The healthcare industry is benefitting greatly thus far from Apple Health's strong demand for open, standards-based health information exchange.
"By embracing an open standard, the next application means everyone — whether something built by Google, Microsoft, startups, big healthcare delivery systems, or internal teams — can use the exact same infrastructure, without incurring marginal cost," Aneesh explains.
There's been a great deal of recent activity in this realm, he points out. FHIR's framework, for example, has been voluntarily adopted by many large organizations to meet government requirements — specifically Meaningful Use, and now the promotion of interoperability. An early coalition of electronic health record vendor adoption was followed by Apple's news last January that it would embrace the FHIR application programming interface (API). And last August, Google, Microsoft, IBM, Salesforce, Oracle, and others committed to the same common language — FHIR — to communicate health information on the Internet.

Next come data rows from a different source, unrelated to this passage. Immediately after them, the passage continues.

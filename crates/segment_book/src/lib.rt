//! All segments of a library as a value that each change makes anew, with an index for each flow. Which flows
//! there are and which objects are named is left to the callers.
#![tactic(auto)]

mod book;
mod lists;
mod pages;

pub use crate::book::SegmentBook;
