//! Segments: which object holds a flow's media over a timerange.
ghost use Rattle.std.specs.Prelude.{◌≡◌, ◌∷◌, ◌++◌, [], IfOk, OnErr, OnOk};
ghost use Rattle.media_rows.specs.Posts.{failed_of};

use crate::refusal::Refusal;
use crate::reply::FailedSegment;
use disk_trait::{Duplicate, Listed, Memory, Text};
use std::alloc::Global;
use time_range::{TimeRange, Ts};

/// A segment as a client posts it. The time on the flow's line is the media time plus `ts_offset`.
#[derive(Drop)]
pub struct Segment {
    pub object: Text,
    pub range: TimeRange,
    pub ts_offset: Ts,
    pub last_duration: Option<Ts>,
    pub sample_offset: u64,
    pub sample_count: Option<u64>,
    pub key_frames: Option<u64>,
}

impl Segment {
    /// The segment as one of a list that isn't kept, for this refusal.
    pub fn failed(&self, alloc: Global, refusal: Refusal) -> Result<FailedSegment, Memory>
        ensures { IfOk result (λ failed. failed ≡ failed_of refusal self.now) }
    {
        Ok(FailedSegment {
            refusal,
            object: self.object.duplicate(alloc)?,
            range: self.range,
        })
    }
}

/// The segments of one post, in its order. It is single where its body was one object and no list.
#[derive(Drop)]
pub struct PostList {
    pub single: bool,
    pub segments: Listed<Segment>,
}

impl PostList {
    /// A post without segments.
    pub fn new(alloc: Global, single: bool) -> PostList
        ensures single { result.single ≡ single }
        ensures segments { result.segments ≡ [] }
    {
        PostList {
            single,
            segments: Listed::new(alloc),
        }
    }

    /// Adds a segment at the end, or drops it where there is no memory.
    pub fn push(&mut self, segment: Segment) -> Result<(), Memory>
        ensures single { self.new.single ≡ self.old.single }
        ensures ok { OnOk result (self.new.segments ≡ self.old.segments ++ segment ∷ []) }
        ensures err { OnErr result (self.new.segments ≡ self.old.segments) }
    {
        self.segments.push(segment)
    }

    /// The segments in order.
    pub fn items(&self) -> &[Segment]
        ensures { result.now ≡ self.now.segments }
    {
        self.segments.items()
    }
}

/// A kept segment, with its flow and its serial.
#[derive(Drop)]
pub struct SegmentRow {
    pub flow: u128,
    pub serial: u64,
    pub segment: Segment,
}

pub type SegmentList = Listed<SegmentRow>;

impl Duplicate for Segment {
    fn duplicate(&self, alloc: Global) -> Result<Self, Memory> {
        Ok(Segment {
            object: self.object.duplicate(alloc)?,
            range: self.range,
            ts_offset: self.ts_offset,
            last_duration: self.last_duration,
            sample_offset: self.sample_offset,
            sample_count: self.sample_count,
            key_frames: self.key_frames,
        })
    }
}

impl Duplicate for SegmentRow {
    fn duplicate(&self, alloc: Global) -> Result<Self, Memory> {
        Ok(SegmentRow {
            flow: self.flow,
            serial: self.serial,
            segment: self.segment.duplicate(alloc)?,
        })
    }
}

"That is an unprecedented amount of convergence on a technical standard. And I'd say it's less about whether the particular code base is better or worse than alternatives, but more that there's at least a standard and industry acceptance towards making it work. That's what exciting about the FHIR API. There's no Betamax VHS debate in healthcare moving forward." Aneesh emphasizes. "Healthcare Internet standards will be built on FHIR and will scale to meet more use cases, starting with consumer access and rapidly evolving to reducing physician burden, promoting care coordination and care management, and advancing population health and perhaps a number of genomics or use cases down the road. That's what's exciting."